NOTE: This JPEG image is made available in order to share with the public the excitement of new discoveries being made via the NASA/JPL Galileo spacecraft. Galileo scientists are in the process of calibrating and validating this data. The full digital image necessary for scientific analysis will be released within one year of receipt of this orbit's last data.
This image is available only on the WWW; it is not available in hardcopy or other forms.

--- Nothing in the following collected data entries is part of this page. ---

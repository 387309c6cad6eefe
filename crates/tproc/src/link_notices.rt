//! What a link does to a processor: a byte comes that nobody asked for, and a message is over.

ghost use Rattle.std.specs.Prelude.{◌≡◌, ◌<◌, IfSome, IsSome, Ok, true};
ghost use Rattle.tproc.specs.ProcessStatus.{is_queued, reason_of, status};
ghost use Rattle.tproc.specs.LinkChannels.{ended_at, link_end, pending_at, with_link, without_buffer};
ghost use Rattle.tproc.specs.Links.{act_or_unchanged, finished, notice, notify_at, readies_queued, readies_running};
ghost use Rattle.tproc.specs.Links.{wakes};
ghost use Rattle.tproc.specs.Doing.{Does, as_step, machine_of};

use crate::channels::{ENABLING, READY, Side};
use crate::claimed_memory::ClaimedMemory;
use crate::engine::Engine;
use crate::offer::Offer;
use crate::process_status::ProcessStatus;
use crate::queues::{STATE_WORD, release};
use crate::ran::Ran;
use crate::state::workspace_of;
use crate::waiter::{LinkEnd, Reason};
use tword::{Break, Word};

impl LinkEnd {
    /// What is pending at a half of a link.
    fn pending(&self, side: Side) -> Option<Offer>
        ensures { result ≡ pending_at side self.now }
    {
        match side {
            Side::Output => self.output,
            Side::Input => self.input,
        }
    }

    /// The link end where nothing is pending any more at a half.
    fn ended(&self, side: Side) -> LinkEnd
        ensures { result ≡ ended_at side self.now }
    {
        match side {
            Side::Output => LinkEnd {
                output: None,
                ..*self
            },
            Side::Input => LinkEnd {
                input: None,
                ..*self
            },
        }
    }
}

/// A half of a link claims nothing any more.
fn release_buffer(claimed: &mut ClaimedMemory, side: Side, link: u8)
    requires { link < 4 }
    ensures memory { claimed.new.memory ≡ claimed.old.memory }
    ensures claims { claimed.new.marks ≡ without_buffer side link claimed.old.marks }
{
    match side {
        Side::Output => claimed.release_output(link),
        Side::Input => claimed.release_input(link),
    }
}

impl Engine {
    /// A process that waits for its alternative is told that it is ready.
    #[tactic(auto, using(crate::proofs::Saved::are_saved, crate::proofs::Saved::waiter_saved))]
    fn wake(&mut self, process: Word) -> Ran
        requires { IsSome (reason_of self.old.state process) }
        ensures { Does (as_step (wakes process self.old.state)) self.old (Ok result) self.new }
    {
        self.claimed
            .set_saved_word(workspace_of(process), STATE_WORD, Word::new(READY));
        release(&mut self.state, &mut self.claimed, process);
        Ran::Instruction
    }

    /// A queued process is told, where it is enabling.
    #[tactic(auto, using(crate::proofs::Saved::are_saved, crate::proofs::Saved::queued_saved))]
    fn ready_queued(&mut self, process: Word) -> Ran
        requires queued { is_queued self.old.state process ≡ true }
        ensures { Does (as_step (readies_queued process self.old.state)) self.old (Ok result) self.new }
    {
        let workspace = workspace_of(process);
        if self.claimed.saved_word(workspace, STATE_WORD).get() == ENABLING {
            self.claimed
                .set_saved_word(workspace, STATE_WORD, Word::new(READY));
        }
        Ran::Instruction
    }

    /// A process that runs or was interrupted becomes ready, where it is enabling.
    fn ready_running(&mut self, process: Word) -> Result<Ran, Break>
        ensures { Does (as_step (readies_running process self.old.state)) self.old result self.new }
    {
        let address = workspace_of(process).below(STATE_WORD);
        if self.claimed.take_word(address)?.get() == ENABLING {
            self.claimed.set_word(address, Word::new(READY));
        }
        Ok(Ran::Instruction)
    }

    /// A process that waits for its alternative is told, and queued.
    fn tell_waiting(&mut self, process: Word)
        requires { IsSome (reason_of self.old.state process) }
        ensures { machine_of self.new
            ≡ act_or_unchanged (wakes process) (machine_of self.old) }
    {
        self.wake(process);
    }

    /// A queued process is told, where it is enabling.
    fn tell_queued(&mut self, process: Word)
        requires queued { is_queued self.old.state process ≡ true }
        ensures { machine_of self.new
            ≡ act_or_unchanged (readies_queued process) (machine_of self.old) }
    {
        self.ready_queued(process);
    }

    /// A process that runs or was interrupted is told, where it is enabling and its state word may be written.
    fn tell_running(&mut self, process: Word)
        ensures { machine_of self.new
            ≡ act_or_unchanged (readies_running process) (machine_of self.old) }
    {
        let _broken = self.ready_running(process);
    }

    /// The process that enabled a link is told that a byte waits there.
    fn tell(&mut self, process: Word)
        ensures { machine_of self.new
            ≡ notify_at (status self.old.state process) process
            (machine_of self.old) }
    {
        match &self.status(process) {
            ProcessStatus::Waits(Reason::Chooses) => {
                self.tell_waiting(process);
            }
            ProcessStatus::Queued => {
                self.tell_queued(process);
            }
            ProcessStatus::Runs | ProcessStatus::Interrupted => {
                self.tell_running(process);
            }
            _ => {}
        }
    }

    /// A byte waits at a link and no input is pending.
    #[tactic(auto, unfolding(crate::specs::Links::notice))]
    pub fn notice(&mut self, link: u8)
        requires { link < 4 }
        ensures { machine_of self.new
            ≡ notice link (machine_of self.old) }
    {
        let end = self.state.link(link);
        self.state.set_link(
            link,
            LinkEnd {
                noticed: true,
                remembered: None,
                ..end
            },
        );
        if let Some(process) = end.remembered {
            self.tell(process);
        }
    }

    /// The message that is pending at a half of a link is over: its process is queued.
    pub fn finish(&mut self, side: Side, link: u8) -> Ran
        requires link { link < 4 }
        requires pending { IsSome (pending_at side (link_end self.old.state link)) }
        requires waits { IfSome (pending_at side (link_end self.old.state link))
            (λ o. IsSome (reason_of self.old.state o.wdesc)) }
        ensures { Does (as_step (finished (pending_at side (link_end self.old.state link)) (with_link link (ended_at
            side (link_end self.old.state link)) self.old.state))) self.old (Ok result) self.new }
    {
        let end = self.state.link(link);
        match end.pending(side) {
            Some(offer) => {
                self.state.set_link(link, end.ended(side));
                release(&mut self.state, &mut self.claimed, offer.wdesc);
                release_buffer(&mut self.claimed, side, link);
                Ran::Instruction
            }
            None => unreachable!(),
        }
    }
}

Mosaic of a belt-zone boundary near Jupiter's equator. The images that make up the four quadrants of this mosaic were taken within a few minutes of each other and show Jupiter's appearance at 732 nanometers (nm). Sunlight at 732 nm is weakly absorbed by atmospheric methane. This absoption lowers the total amount of scattered light detected by the Galileo spacecraft while enhancing the fraction that comes from higher in Jupiter's atmosphere, where less methane is present. The features of the lower visible cloud deck that are seen at 756 nm remain visible, but features in the higher, diffuse clouds are made more apparent. The most interesting features in this upper layer are the large holes in the lower half of the mosaic. These holes may permit the wind speeds of Jupiter's stratosphere to be measured for the first time.
The edge of the planet runs along the right side of the mosaic. North is at the top. The mosaic covers latitudes -13 to +3 degrees and is centered at longitude 280 degrees West. The smallest resolved features are tens of kilometers in size. These images were taken on November 5th, 1996, at a range of 1.2 million kilometers by the Solid State Imaging system aboard NASA's Galileo spacecraft.
Launched in October 1989, Galileo entered orbit around Jupiter on December 7, 1995. The spacecraft's mission is to conduct detailed studies of the giant planet, its largest moons and the Jovian magnetic environment. The Jet Propulsion Laboratory, Pasadena, CA manages the mission for NASA's Office of Space Science, Washington, DC.